As a side benefit...many of us who were raised to never take a day off unless you are so ill you can't get out of bed started to take sick days. After all, it was an earned benefit, that would simply get cashed out when we left the company anyway. That resulted than less of us sicker-than-a-dog types hanging around the office and spending some time off resting when we needed it.

Had to be better for the company in the long run.

One of the most frustrating things I have to deal with as a physician is patients coming in and asking for "stress leave". This is much less common in the interior of BC than it was in Vancouver. Teachers appeared to be the worst offenders and I've lost patients because I refused to medically endorse their "stress related" leave. Usually this was a relief and the hardest part was not appearing too happy when they told me they were leaving my practice.

There are also legitimate cases and these are the most frustrating to deal with as the insurance companies seem to work under the assumption that everyone is trying to milk the system. Insurance companies don't seem to believe GP's psychiatric diagnoses and demand that the patient see a psychiatrist even though where I practice seeing a psychiatrist on an outpatient basis takes about 9 months if one is lucky. One patient that I diagnosed with bipolar disorder who was extremely productive at work while hypomanic and then unable to manage when she went into a depressive episode. I got the very strong impression that the insurance company didn't believe me and they finally arranged to fly the patient to Vancouver, have her seen by an independant psychiatrist (who probably billed the insurance company for far more than I've been paid in total for seeing the patient for the last 2 years), who confirmed my diagnosis.
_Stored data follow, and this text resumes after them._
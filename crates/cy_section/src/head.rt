// Reads a section's head.
ghost use Rattle.std.specs.Prelude.{◌≡◌, ◌≤◌, length};
ghost use Rattle.cy_section.specs.Head.{kind_of, head_at};
ghost use Rattle.cy_section.specs.Section.{kind_number};

use crate::{Head, SectionError, SectionKind};
use byteorder::{ByteOrder, LittleEndian};

/// The bytes of a section's head.
pub const HEAD_SIZE: usize = 16;

/// The bytes of the header's section, which zeros fill up: the next section begins behind them.
pub const HEADER_SIZE: usize = 2064;

impl SectionKind {
    /// The number of a section's type, as heads and entries of an index have it.
    pub fn number(self) -> u32
        ensures { result ≡ kind_number self }
    {
        match self {
            SectionKind::Header => 0,
            SectionKind::ChunkHeader => 1,
            SectionKind::ChunkBody => 2,
            SectionKind::Index => 3,
            SectionKind::Channel => 4,
        }
    }
}

// The section of a type's number, which is at most 4.
fn kind_from(number: u32) -> SectionKind
    ensures { result ≡ kind_of number }
{
    match number {
        0 => SectionKind::Header,
        1 => SectionKind::ChunkHeader,
        2 => SectionKind::ChunkBody,
        3 => SectionKind::Index,
        _ => SectionKind::Channel,
    }
}

/// The head in the first 16 of these bytes, which stand at a place of the file. A type above 4 is
/// refused as `Kind`, then a negative size as `Size`. It takes no memory.
#[tactic(auto, unfolding(crate::specs::Head::head_at))]
pub fn read_head(bytes: &[u8], at: u64) -> Result<Head, SectionError>
    requires { 16 ≤ length bytes.now }
    ensures { result ≡ head_at at bytes.now }
{
    let number = LittleEndian::read_u32(bytes);
    if number > 4 {
        return Err(SectionError::Kind { at, value: number });
    }
    let size = LittleEndian::read_u64(&bytes[8..]);
    if size >= 1 << 63 {
        let value = size.cast_signed();
        return Err(SectionError::Size { at, value });
    }
    let kind = kind_from(number);
    Ok(Head { kind, size })
}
The least trouble I had with patients wanting "stress leave" was when I injured my knee rather badly and showed up at work in a knee brace for a month after surgery. I was off work for a week which I thought was too long as if I don't work I don't get paid.

Medically supporting a patient taking months off work to deal with "stress" is the worst thing one can do for them. About 50% of the patients who come in to see me regarding workplace "stress" end up taking no time off work. Usually they are mildly depressed and this is easy to treat. Some people do need a short period of time off work and I've shocked a lot of patients when I tell them they get a week off work while we adjust their medications and then I'll see them again. They seem to have the expectation that they'll have 2-3 months of "stress leave". The predominant feature in most of these people are sleep disturbances that are usually very easy to treat. The exceptions to this are people who work absolutely idiotic shift schedules likely designed by people who have no idea about human circadian rhythms.

I'd estimate that 90% of the patients I see who come in wanting time off work are off for less than 2 weeks. The very depressed, out of control bipolars and the psychotic may be off work a lot longer. Another thing I tell people is if they don't like their job then get into some other line of work. Depression is common and easily treatable, especially if one screens every depressed patient for bipolar disorder (5% of the population has bipolar 2).

There is probably a self-selection mechanism at work here as the self-reliant are more likely to be self-employed and the dependant chose jobs with "security". I know that I would go nuts working in a bureaucracy or get fired so I am my own boss.

Hey Colin...I too am a middle manager in the Public Service...and to your post...Amen brother.